The second was on p 349:

    " … local education authorities, when considering an application for a mandatory award, must ask themselves the question: has the applicant shown that he has habitually and normally resided in the United Kingdom from choice and for a settled purpose throughout the prescribed period, apart from temporary or occasional absences?"

    23.  I would not wish to throw any doubt on the correctness of that reasoning as applied in that case. But the draftsman of section 18 of the 1977 Act (now section 199 of the 1996 Act) used the expression "normally resident", and not the expression "ordinarily resident" which bore an established legal meaning. Had he regarded normal residence as itself including a requirement of choice, it would not have been necessary to provide "and that residence is or was of his own choice". Nothing in Nilish Shah throws doubt on the construction of section 199(1)(a).

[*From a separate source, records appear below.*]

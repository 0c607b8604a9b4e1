//! The answers of an actor, with room for those to come.

ghost use Rattle.std.specs.Prelude.{◌≡◌, ◌+◌, ◌-◌, ◌<◌, ◌≤◌, [], ◌∷◌, ◌++◌, length, OnOk, OnErr, vec_len, vec_capacity};

use crate::replies::Reply;
use std::alloc::{AllocError, Global};
use std::marker::Model;

/// The directive that is answered, by its first word.
#[derive(Clone, Copy, Debug, PartialEq, Eq)]
pub enum Verb {
    Put,
    Get,
    Commit,
    Backout,
    Wait,
    Backup,
    Recover,
    Reset,
    Display,
    Crash,
    Start,
    Stop,
    Lose,
    /// Work of a system task, which no directive asks for.
    System,
}

/// An answer.
#[derive(Debug, Drop)]
pub struct Answer {
    pub verb: Verb,
    pub reply: Reply,
    /// The items that the history had just before the step that gave it.
    pub at: u64,
}

/// The answers of an actor, the first one first. An answer for which room was reserved is added without memory.
#[derive(Debug, Drop)]
pub struct Transcript {
    items: Vec<Answer>,
}

impl Model for Transcript {
    ghost use Rattle.std.specs.Prelude.{◌-◌, vec_len, vec_capacity};
    ghost use Rattle.qsg_requests.specs.Answered.{Answered};

    ghost Value = { Answered };

    ghost view = { λ t. record { answers = t.items.items; room = vec_capacity t.items - vec_len t.items } };
}

impl Transcript {
    /// No answer yet, and no room. Takes no memory.
    pub fn new(alloc: Global) -> Transcript
        ensures { result.answers ≡ [] }
    {
        Transcript {
            items: Vec::new(alloc),
        }
    }

    /// Its answers.
    pub fn as_slice(&self) -> &[Answer]
        ensures { result.now ≡ self.now.answers }
    {
        self.items.as_slice()
    }

    /// How many answers it has.
    pub fn len(&self) -> usize
        ensures { result ≡ length self.now.answers }
    {
        self.items.len()
    }

    /// Reserves room for so many more answers. It fails only where that room was missing, and then changes nothing.
    pub fn reserve(&mut self, more: usize) -> Result<(), AllocError>
        ensures answers { self.new.answers ≡ self.old.answers }
        ensures room { OnOk result (more ≤ self.new.room) }
        ensures kept { self.old.room ≤ self.new.room }
        ensures missing { OnErr result (self.old.room < more) }
    {
        self.items.reserve(more)
    }

    /// Adds an answer, in room that was reserved. Takes no memory.
    pub fn push(&mut self, answer: Answer)
        requires { 0 < self.old.room }
        ensures answers { self.new.answers ≡ self.old.answers ++ answer ∷ [] }
        ensures room { self.old.room ≤ self.new.room + 1 }
    {
        let _ = self.items.push(answer);
    }
}
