//! Answers in the order in which they were added.

use super::*;
use qsg_num::EntryId;
use qsg_offload::Placed;
use std::test::*;

fn put(seq: u64) -> Answer {
    Answer {
        verb: Verb::Put,
        reply: Reply::PutOk {
            id: EntryId { number: seq },
            placed: Placed::Inside,
        },
        at: 0,
    }
}

#[test]
fn answers_stand_in_order(rt: HostRuntime) -> Result<(), Fail> {
    let mut transcript = Transcript::new(rt.alloc());
    transcript.reserve(2)?;
    transcript.push(put(1));
    transcript.push(Answer {
        verb: Verb::Commit,
        reply: Reply::Unit {
            unit: None,
            count: 0,
        },
        at: 0,
    });
    assert_eq!(rt; transcript.len(), 2);
    assert_eq!(rt; transcript.as_slice()[0].verb, Verb::Put);
    assert_eq!(rt; transcript.as_slice()[1].verb, Verb::Commit);
    Ok(())
}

    24.  The subject matter of Mohamed v Hammersmith and Fulham London Borough Council [2001] UKHL 57, [2002 1 AC 547 was closer, although neither the applicant (Mr Mohamed) nor his wife were asylum seekers. The wife came to England in 1994 and lived for most of the time in flats in Ealing until in January 1998 she moved to live with a friend in Hammersmith. The husband came to England in January 1998 and lived with a (different) friend in Hammersmith. In April 1998 they jointly asked the London Borough of Hammersmith and Fulham for accommodation, and were given temporary accommodation in the authority's district, first in a hotel and then in a flat, presumably under section 188 of the 1996 Act. They then applied for accommodation under section 193. In July 1998 the authority told the wife that they accepted a duty to arrange accommodation for her but that, although she had a local connection with Ealing where she had lived, she had no connection with Hammersmith, so the applications of both husband and wife were referred to Ealing on the basis that they appeared to have a local connection with Ealing but not with Hammersmith. The decision to refer was upheld on review and in the county court on the basis that the husband's residence in Hammersmith was not such as could amount to normal residence for the purpose of section 199(1)(a) of the 1996 Act. Hammersmith argued (see para 17) that the occupation of interim accommodation pending a decision on the husband's application under section 193 could not amount to normal residence. This argument was rejected by the Court of Appeal and the House. In the course of his opinion (with which the other members of the Committee agreed) Lord Slynn of Hadley referred to the notion of voluntariness, held in Nilish Shah to be an ingredient of ordinary residence, and pointed out that the Secretary of State had not exercised his power under section 199(5) to provide that residence in interim accommodation should not be treated as residence in a district of a person's own choice (paras 17-19). There was however no argument whether Mr Mohamed's residence in Hammersmith had been of his own choice, since for the first three months he had lived there of his own free will entirely and from April to July he had occupied accommodation in Hammersmith as a direct result of his and his wife's application to do so. I do not consider that this authority throws any light on the present problem.